A novel bone marrow transplant method developed at the Johns Hopkins Kimmel Cancer Center has shown high success rates in curing adults with sickle cell disease.

The trial involved 42 participants across multiple cancer centers in the U.S. and London, achieving a remarkable 95% survival rate and 88% of patients considered cured two years post-transplant.

This transplant procedure, known as reduced-intensity haploidentical bone marrow transplantation, utilizes bone marrow from a 'half-matched' donor, such as a family member.

Dr. Richard Jones, a key investigator, emphasized that the transplant's success rates are comparable or superior to those of gene therapy, which is often more costly and less accessible.

The median cost for the transplant is approximately $467,747, significantly lower than the estimated $2 million to $3 million for gene therapy.

Participants in the trial had a median age of 22, predominantly Black (92%), and experienced minimal serious side effects, with only two deaths reported in the first year.

Patients underwent low-dose chemotherapy and total body irradiation before the transplant, followed by treatment with cyclophosphamide to prevent complications.

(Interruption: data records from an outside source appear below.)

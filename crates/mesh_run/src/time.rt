//! `run`: time passes slice by slice, and the text of each is written before the next begins.

ghost use Rattle.std.specs.Prelude.{◌≡◌, ◌+◌, ◌<◌, ◌≤◌, true, IfSome, IsNone, Ok, OnOk};
ghost use Rattle.mesh_model.specs.Net.Limits.{clock_limit, scenario_setup};
ghost use Rattle.mesh_model.specs.Run.Passing.{run_until};
ghost use Rattle.mesh_model.specs.Run.State.{text_of};
ghost use Rattle.mesh_model.specs.declared.line_form.Command.TheVariants as command;
ghost use Rattle.mesh_run.specs.Inner.Lines.{CarriesLine, CarriesSlice, CountsWrites};
ghost use Rattle.mesh_scene.specs.AnswersCommand.{outcome_under};
ghost use Rattle.mesh_scene.specs.Slices.{HasAdvanced};
ghost use Rattle.mesh_scene.specs.SceneStands.{IsSomewhere, SceneStands};

use crate::fault::Fault;
use crate::output::put_text;
use mesh_base::{Failed, Millis, Sink};
use mesh_model::{LimitName, Stop};
use mesh_net::CLOCK_LIMIT;
use mesh_scene::{Passage, Scene};
use mesh_show::Choosable;

/// Carries out a slice of a run until a moment and writes what it prints, by way of `text`.
/// Answers whether more is to come.
fn run_slice<A: Choosable + Drop, K: Sink>(
    scene: &mut Scene<A>,
    text: &mut Vec<u8>,
    out: &mut K,
    end: Millis,
    number: u64,
) -> Result<bool, Fault>
    requires somewhere { IsSomewhere A.algorithm A.queries A.stands scene.old }
    requires later { scene.old.net.clock ≤ end }
    requires within { end ≤ clock_limit }
    ensures slice { CarriesSlice (SceneStands A.algorithm A.queries A.stands)
        (scenario_setup A.queries) (K.taken out.old) (K.taken out.new) scene.old scene.new end
        number result }
    ensures faults { CountsWrites (K.faults out.old) (K.faults out.new) result }
    ensures advances { result ≡ Ok true → HasAdvanced end scene.old.net scene.new.net }
    ensures somewhere { OnOk result (IsSomewhere A.algorithm A.queries A.stands scene.new) }
{
    text.clear();
    let passage = scene.pass(end, text)?;
    if let Err(Failed) = put_text(out, text.as_slice()) {
        return Err(Fault::Write);
    }
    match passage {
        Passage::Going => Ok(true),
        Passage::Ended => Ok(false),
        Passage::Stopped(name) => Err(Fault::Halted {
            line: number,
            stop: Stop::Limit(name),
        }),
    }
}

/// Lets time pass until a moment, slice by slice.
fn run_until<A: Choosable + Drop, K: Sink>(
    scene: &mut Scene<A>,
    text: &mut Vec<u8>,
    out: &mut K,
    end: Millis,
    number: u64,
) -> Result<(), Fault>
    requires somewhere { IsSomewhere A.algorithm A.queries A.stands scene.old }
    requires later { scene.old.net.clock ≤ end }
    requires within { end ≤ clock_limit }
    ensures line { CarriesLine text_of (SceneStands A.algorithm A.queries A.stands)
        (K.taken out.old) (K.taken out.new) scene.old scene.new
        (run_until (scenario_setup A.queries) end) number result }
    ensures faults { CountsWrites (K.faults out.old) (K.faults out.new) result }
    ensures somewhere { OnOk result (IsSomewhere A.algorithm A.queries A.stands scene.new) }
{
    'slices: loop {
        let more = run_slice(scene, text, out, end, number)?;
        if !more {
            break 'slices;
        }
    }
    Ok(())
}

/// The end of a run that begins at a moment, or `None` past the last moment.
fn end_of(now: Millis, time: Millis) -> Option<Millis>
    ensures some { IfSome result (λ end. (end ≡ now + time) × (end ≤ clock_limit)) }
    ensures none { IsNone result → clock_limit < now + time }
{
    let end = now.checked_add(time)?;
    if end > CLOCK_LIMIT {
        return None;
    }
    Some(end)
}

/// `run MS`
pub fn run<A: Choosable + Drop, K: Sink>(
    scene: &mut Scene<A>,
    text: &mut Vec<u8>,
    out: &mut K,
    time: Millis,
    number: u64,
) -> Result<(), Fault>
    requires somewhere { IsSomewhere A.algorithm A.queries A.stands scene.old }
    ensures line { CarriesLine text_of (SceneStands A.algorithm A.queries A.stands)
        (K.taken out.old) (K.taken out.new) scene.old scene.new
        (outcome_under A.queries (command.Run time)) number result }
    ensures faults { CountsWrites (K.faults out.old) (K.faults out.new) result }
    ensures somewhere { OnOk result (IsSomewhere A.algorithm A.queries A.stands scene.new) }
{
    let Some(end) = end_of(scene.net.now(), time) else {
        return Err(Fault::Halted {
            line: number,
            stop: Stop::Limit(LimitName::Clock),
        });
    };
    run_until(scene, text, out, end, number)
}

The trial has dispelled common misconceptions about bone marrow transplants for sickle cell disease, including the belief that a perfectly matched donor is necessary and that the procedure carries high mortality risks.

The study was supported by prestigious institutions, including the National Institutes of Health and the Blood and Marrow Transplant Clinical Trials Network, involving numerous medical centers.

The findings will be published in the February 25, 2025 issue of The New England Journal of Medicine Evidence, following earlier presentations at the American Society of Hematology meeting in December 2023.

Sickle cell disease affects approximately 100,000 Americans, primarily within the Black community, leading to painful complications due to misshaped red blood cells.

The transplant method has demonstrated very high engraftment rates and cure rates, comparable or superior to those seen with gene therapy.